Saved entries:
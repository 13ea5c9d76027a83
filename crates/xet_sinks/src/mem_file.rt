//! Files in memory.
ghost use Rattle.std.specs.Prelude.{◌≡◌, ◌+◌, ◌-◌, ◌<◌, ◌≤◌, ◌++◌, [], IfOk, Ok, OnErr, OnOk, Some, drop};
ghost use Rattle.std.specs.Prelude.{length, option_map, replicate, take};
ghost use Rattle.xet_sinks.specs.MemFiles.{MemStands, mem_told};
ghost use Rattle.xet_outside.specs.Places.{PlaceCall, at_place, emptied, placed_of, put_at};
ghost use Rattle.xet_outside.specs.Told.{FlushCall, WriteCall, into_place};

use std::alloc::Global;
use std::snapshot::Snapshot;
use xet_base::OutOfMemory;
use xet_outside::PlaceSink;
use xet_outside::sink::{Sink, SinkError};

/// A file in memory: a content, a place, and the bytes that were taken. It has no faults.
#[derive(Drop)]
pub struct MemFile {
    content: Vec<u8>,
    place: u64,
    taken: Vec<u8>,
    // how many of the taken bytes are flushed
    flushed: usize,
    // the content, the place and the number of taken bytes when the place was last set
    set_content: Snapshot<Vec<u8>>,
    set_place: Snapshot<u64>,
    set_taken: Snapshot<usize>,
    pub ghost stands: { MemStands content.items place taken.items
        set_content.value.items set_place.value set_taken.value },
}

impl MemFile {
    /// A file with this content, whose place is 0. It takes no memory yet.
    pub fn new(alloc: Global, content: Vec<u8>) -> MemFile
        ensures { ⟦<MemFile as Sink>⟧.told result ≡ record {
          took = Some [];
          flushed = Some 0;
          faults = 0;
          link = into_place (record { content = content.items; place = 0; taken = 0 });
        } }
    {
        let set_content = Snapshot::of(&content);
        let set_place = Snapshot::of(&0);
        let set_taken = Snapshot::of(&0);
        MemFile {
            content,
            place: 0,
            taken: Vec::new(alloc),
            flushed: 0,
            set_content,
            set_place,
            set_taken,
        }
    }

    /// The content.
    pub fn content(&self) -> &[u8]
        ensures { option_map (λ p. p.content) (placed_of (⟦<MemFile as Sink>⟧.told self.now)) ≡ Some result.now }
    {
        self.content.as_slice()
    }
}

// Makes a content at least so long, with zeros at its end. `OutOfMemory` leaves it as it was.
fn grow(content: &mut Vec<u8>, end: usize) -> Result<(), OutOfMemory>
    ensures grown { OnOk result (content.new.items
        ≡ content.old.items ++ replicate (end - length content.old.items) 0) }
    ensures kept { OnErr result (content.new.items ≡ content.old.items) }
{
    if content.len() < end {
        content.resize(end, 0)?;
    }
    Ok(())
}

// Writes a piece over the bytes from a place on.
fn overwrite(content: &mut Vec<u8>, place: usize, piece: &[u8])
    requires { place + length piece.now ≤ length content.old.items }
    ensures { content.new.items
        ≡ take place content.old.items ++ piece.now ++ drop (place + length piece.now) content.old.items }
{
    let end = place + piece.len();
    content[place..end].copy_from_slice(piece);
}

// Puts a piece into the content at a place, with zeros between the content's end and the place. Answers the place
// after it. `OutOfMemory` leaves the content as it was.
fn put(content: &mut Vec<u8>, place: u64, piece: &[u8]) -> Result<u64, OutOfMemory>
    requires { 0 < length piece.now }
    ensures put { IfOk result (λ end. (end ≡ place + length piece.now)
        × (content.new.items ≡ put_at content.old.items place piece.now)) }
    ensures kept { OnErr result (content.new.items ≡ content.old.items) }
{
    let Some(end) = place.checked_add(piece.len() as u64) else {
        return Err(OutOfMemory);
    };
    grow(content, end as usize)?;
    overwrite(content, place as usize, piece);
    Ok(end)
}

impl Sink for MemFile {
    ghost told = { λ s. mem_told s.taken.items s.flushed
        s.set_content.value.items s.set_place.value s.set_taken.value };

    /// Takes the whole piece. Want of memory is the only error.
    fn write(&mut self, piece: &[u8]) -> Result<usize, SinkError>
        ensures call { WriteCall (⟦<MemFile as Sink>⟧.told self.old)
            (⟦<MemFile as Sink>⟧.told self.new) piece.now result }
        ensures whole { IfOk result (λ count. count ≡ length piece.now) }
    {
        if piece.is_empty() {
            return Ok(0);
        }
        let taken = self.taken.len();
        if self.taken.extend_from_slice(piece).is_err() {
            return Err(SinkError::OutOfMemory);
        }
        match put(&mut self.content, self.place, piece) {
            Ok(end) => {
                self.place = end;
                Ok(piece.len())
            }
            Err(_) => {
                self.taken.truncate(taken);
                Err(SinkError::OutOfMemory)
            }
        }
    }

    /// Succeeds.
    fn flush(&mut self) -> Result<(), SinkError>
        ensures call { FlushCall (⟦<MemFile as Sink>⟧.told self.old)
            (⟦<MemFile as Sink>⟧.told self.new) result }
        ensures ok { result ≡ Ok tt }
    {
        self.flushed = self.taken.len();
        Ok(())
    }
}

impl PlaceSink for MemFile {
    /// Succeeds.
    fn empty(&mut self) -> Result<(), SinkError>
        ensures call { PlaceCall (⟦<MemFile as Sink>⟧.told self.old)
            (⟦<MemFile as Sink>⟧.told self.new) emptied result }
        ensures ok { result ≡ Ok tt }
    {
        self.content.clear();
        self.place = 0;
        self.set_content = Snapshot::of(&self.content);
        self.set_place = Snapshot::of(&self.place);
        self.set_taken = Snapshot::of(&self.taken.len());
        Ok(())
    }

    /// Succeeds.
    fn seek(&mut self, place: u64) -> Result<(), SinkError>
        ensures call { PlaceCall (⟦<MemFile as Sink>⟧.told self.old)
            (⟦<MemFile as Sink>⟧.told self.new) (at_place place) result }
        ensures ok { result ≡ Ok tt }
    {
        self.place = place;
        self.set_content = Snapshot::of(&self.content);
        self.set_place = Snapshot::of(&self.place);
        self.set_taken = Snapshot::of(&self.taken.len());
        Ok(())
    }

    ghost counted = { λ s. s.stands.within };
}
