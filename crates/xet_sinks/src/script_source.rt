//! Sources that follow a script.
ghost use Rattle.std.specs.Prelude.{◌≡◌, ◌<◌, ◌-◌, [], Ok, Some, drop, length, slice_get, vec_len};
ghost use Rattle.xet_outside.specs.Told.{ReadCall};
ghost use Rattle.xet_sinks.specs.Scripts.{read_by};

use crate::vec_source::VecSource;
use std::collections::VecDeque;
use xet_outside::source::{Source, SourceFault};

/// What a scripted source does with a read into some room.
#[derive(Clone, Copy, PartialEq, Eq)]
pub enum SourceStep {
    /// Gives so many bytes at most, and at least one, where there are any.
    Give(usize),
    /// Fails, and gives nothing.
    Fail,
}

/// A fake source over bytes in memory. Each read into some room follows one step; after the steps it gives as much as
/// there is room for. A read into no room takes no step.
#[derive(Drop)]
pub struct ScriptSource {
    inner: VecSource,
    steps: VecDeque<SourceStep>,
    // the count of faults, which stands at its last value
    faults: u64,
}

impl ScriptSource {
    /// A source of these bytes that follows these steps.
    pub fn new(bytes: Vec<u8>, steps: Vec<SourceStep>) -> ScriptSource
        ensures told { ⟦<ScriptSource as Source>⟧.told result ≡ record { left = Some bytes.items; faults = 0 } }
        ensures steps { result.steps.items ≡ steps.items }
    {
        ScriptSource {
            inner: VecSource::new(bytes),
            steps: VecDeque::from_vec(steps),
            faults: 0,
        }
    }
}

impl Source for ScriptSource {
    ghost told = { λ s. record (⟦<VecSource as Source>⟧.told s.inner) { faults = s.faults } };

    /// A read into some room follows the next step.
    fn read(&mut self, into: &mut [u8]) -> Result<usize, SourceFault>
        ensures call { ReadCall (⟦<ScriptSource as Source>⟧.told self.old)
            (⟦<ScriptSource as Source>⟧.told self.new) into.new result }
        ensures follows { 0 < length into.new → result
            ≡ read_by (slice_get self.old.steps.items 0)
            (vec_len self.old.inner.bytes - self.old.inner.at) (length into.new) }
        ensures steps { 0 < length into.new → self.new.steps.items ≡ drop 1 self.old.steps.items }
        ensures none { into.new ≡ [] → (result ≡ Ok 0) × (self.new ≡ self.old) }
    {
        if into.is_empty() {
            return Ok(0);
        }
        match self.steps.pop_front() {
            None => self.inner.read(into),
            Some(SourceStep::Give(count)) => {
                let room = into.len().min(count.max(1));
                self.inner.read(&mut into[..room])
            }
            Some(SourceStep::Fail) => {
                self.faults = self.faults.saturating_add(1);
                Err(SourceFault)
            }
        }
    }
}
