//! Whether xorbs and files stand by ascending hash.
ghost use Rattle.std.specs.Prelude.{◌≡◌, MatchBool, map};
ghost use Rattle.std.specs.List.Sorted.{IsStrictlySortedBy};
ghost use Rattle.std.specs.declared.cmp.Ordering.TheVariants.{Less};
ghost use Rattle.xet_audit.specs.Findings.{hash_cmp};
ghost use Rattle.xet_audit.specs.Raws.{store_of_raw};
ghost use Rattle.xet_compact.specs.Documents.{IsInOrder};

use std::cmp::Ordering;
use xet_audit::{RawFile, RawStore, RawXorb};
use xet_base::MerkleHash;

/// Whether the xorbs of a store, and its files, stand by ascending hash, each hash once.
pub(crate) fn is_in_order(raw: &RawStore) -> bool
    ensures { MatchBool result (IsInOrder (store_of_raw raw.now)) (Unit {0}) }
{
    xorbs_ascend(raw.xorbs.as_slice()) && files_ascend(raw.files.as_slice())
}

// Whether xorbs stand so.
fn xorbs_ascend(xorbs: &[RawXorb]) -> bool
    ensures { MatchBool result (IsStrictlySortedBy hash_cmp (map (λ x. x.hash) xorbs.now)) (Unit {0}) }
{
    for i in 1..xorbs.len() {
        if !is_below(&xorbs[i - 1].hash, &xorbs[i].hash) {
            return false;
        }
    }
    true
}

// Whether files stand so.
fn files_ascend(files: &[RawFile]) -> bool
    ensures { MatchBool result (IsStrictlySortedBy hash_cmp (map (λ f. f.hash) files.now)) (Unit {0}) }
{
    for i in 1..files.len() {
        if !is_below(&files[i - 1].hash, &files[i].hash) {
            return false;
        }
    }
    true
}

// Whether a hash stands before another.
fn is_below(a: &MerkleHash, b: &MerkleHash) -> bool
    ensures { MatchBool result (hash_cmp a.now b.now ≡ Less) (Unit {0}) }
{
    match a.cmp(b) {
        Ordering::Less => true,
        _ => false,
    }
}
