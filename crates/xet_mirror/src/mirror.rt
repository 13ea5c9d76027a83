//! Copies files from a shelf to a target.
ghost use Rattle.std.specs.Prelude.{◌≡◌, []};
ghost use Rattle.xet_mirror_parts.specs.Looked.{no_report};
ghost use Rattle.xet_mirror.specs.Calls.{MirrorCall};
ghost use Rattle.xet_mirror.specs.steps.FileCalls.{FileCall};

use std::alloc::Global;
use xet_base::MerkleHash;
use xet_mirror_parts::{Copied, MirrorError, MirrorReport, asked_file, copy_file};
use xet_shelves::{Shelf, Target};

/// Copies the files of a list, in order, where the target lacks them: first the xorbs that a file names and the target
/// lacks, in the order of the file's terms, then one shard with the file's record and those of its xorbs. Each xorb
/// that these files name is asked of the shelf at most once. With `verify` the hash of each xorb that the target lacks
/// is compared with that of its chunks, before it is put.
///
/// Whatever the answer, no shard was put before the xorbs that it names, no xorb that the target had, and none twice.
/// So a call that failed may be repeated over what is there, and copies the rest.
///
/// - `FileMissing` where neither has a listed file, `XorbMissing` where neither has a xorb that a file to be copied
///   names, `BadTerm` where a term of one isn't from below to inside a xorb of the shelf's. A xorb that the term which
///   names it first isn't inside is not put. The last two never come over a shelf that tells a valid store.
/// - `HashDiffers` where `verify` is set and a xorb that the target lacks has another hash than that of its chunks.
/// - `ClientError` where a call of the shelf or of the target failed, and its count of faults rose.
/// - `OutOfMemory` where an allocation was refused.
///
/// What the shelf gives under another hash than the asked one counts as not there. One xorb's bytes are in memory at a
/// time, and the records of the xorbs that were looked at, 36 bytes a chunk. A shard has the records of all xorbs that
/// its file names, so to make it takes their chunks once more, for each file.
///
/// The Rust crates have no such call.
pub fn mirror_files<H: Shelf, T: Target>(
    alloc: Global,
    shelf: &mut H,
    target: &mut T,
    files: &[MerkleHash],
    verify: bool,
) -> Result<MirrorReport, MirrorError>
    ensures { MirrorCall verify files.now (H.told shelf.old) (H.told shelf.new)
        (T.told target.old) (T.told target.new) result }
{
    let mut copied = Copied::new(alloc);
    mirror_listed(alloc, shelf, target, &mut copied, files, verify)
}

// Copies the files of a list, where nothing was copied yet.
fn mirror_listed<H: Shelf, T: Target>(
    alloc: Global,
    shelf: &mut H,
    target: &mut T,
    copied: &mut Copied,
    files: &[MerkleHash],
    verify: bool,
) -> Result<MirrorReport, MirrorError>
    requires { copied.old ≡ record { xorbs = []; report = no_report } }
    ensures { MirrorCall verify files.now (H.told shelf.old) (H.told shelf.new)
        (T.told target.old) (T.told target.new) result }
{
    for (place, file) in files.iter().enumerate() {
        mirror_file(alloc, shelf, target, copied, place as u64, file, verify)?;
    }
    Ok(copied.report)
}

// Copies the file at a place of the list, where the target lacks it.
fn mirror_file<H: Shelf, T: Target>(
    alloc: Global,
    shelf: &mut H,
    target: &mut T,
    copied: &mut Copied,
    place: u64,
    file: &MerkleHash,
    verify: bool,
) -> Result<(), MirrorError>
    ensures { FileCall verify place file.now (H.told shelf.old) (H.told shelf.new)
        (T.told target.old) (T.told target.new) copied.old copied.new result }
{
    if target.has_file(file)? {
        copied.report = copied.report.with_present();
        return Ok(());
    }
    let Some(found) = asked_file(alloc, shelf, file)? else {
        return Err(MirrorError::FileMissing { place });
    };
    copy_file(alloc, shelf, target, copied, place, found, verify)
}
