//! Calls of std that were interrupted.
ghost use Rattle.std.specs.IoError.{error_kind};
ghost use Rattle.std.specs.Prelude.{◌≡◌, ◌↔◌, IsTrue};

use std::io::{Error, ErrorKind};

/// How often an interrupted call is made again.
pub(crate) const TRIES: usize = 16;

/// Whether the call was interrupted, and may be made again.
pub(crate) fn is_interrupted(error: &Error) -> bool
    ensures { IsTrue result ↔ (error_kind error.now ≡ ErrorKind.Interrupted) }
{
    error.kind() == ErrorKind::Interrupted
}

• **REQUIRED ACTION**: Repeat the entries above verbatim, but only from the line that has "filename crates/xet_mirror/src/mirror.rt" down to the line that has "no such call.", inclusive.

• **TASK ANSWER**:
filename crates/xet_mirror/src/mirror.rt
repository 13ea5c9d76027a83
//! Copies files from a shelf to a target.
ghost use Rattle.std.specs.Prelude.{◌≡◌, []};
ghost use Rattle.xet_mirror_parts.specs.Looked.{no_report};
ghost use Rattle.xet_mirror.specs.Calls.{MirrorCall};
ghost use Rattle.xet_mirror.specs.steps.FileCalls.{FileCall};

use std::alloc::Global;
use xet_base::MerkleHash;
use xet_mirror_parts::{Copied, MirrorError, MirrorReport, asked_file, copy_file};
use xet_shelves::{Shelf, Target};

/// Copies the files of a list, in order, where the target lacks them: first the xorbs that a file names and the target
/// lacks, in the order of the file's terms, then one shard with the file's record and those of its xorbs. Each xorb
/// that these files name is asked of the shelf at most once. With `verify` the hash of each xorb that the target lacks
/// is compared with that of its chunks, before it is put.
///
/// Whatever the answer, no shard was put before the xorbs that it names, no xorb that the target had, and none twice.
/// So a call that failed may be repeated over what is there, and copies the rest.
///
/// - `FileMissing` where neither has a listed file, `XorbMissing` where neither has a xorb that a file to be copied
///   names, `BadTerm` where a term of one isn't from below to inside a xorb of the shelf's. A xorb that the term which
///   names it first isn't inside is not put. The last two never come over a shelf that tells a valid store.
/// - `HashDiffers` where `verify` is set and a xorb that the target lacks has another hash than that of its chunks.
/// - `ClientError` where a call of the shelf or of the target failed, and its count of faults rose.
/// - `OutOfMemory` where an allocation was refused.
///
/// What the shelf gives under another hash than the asked one counts as not there. One xorb's bytes are in memory at a
/// time, and the records of the xorbs that were looked at, 36 bytes a chunk. A shard has the records of all xorbs that
/// its file names, so to make it takes their chunks once more, for each file.
///
/// The Rust crates have no such call.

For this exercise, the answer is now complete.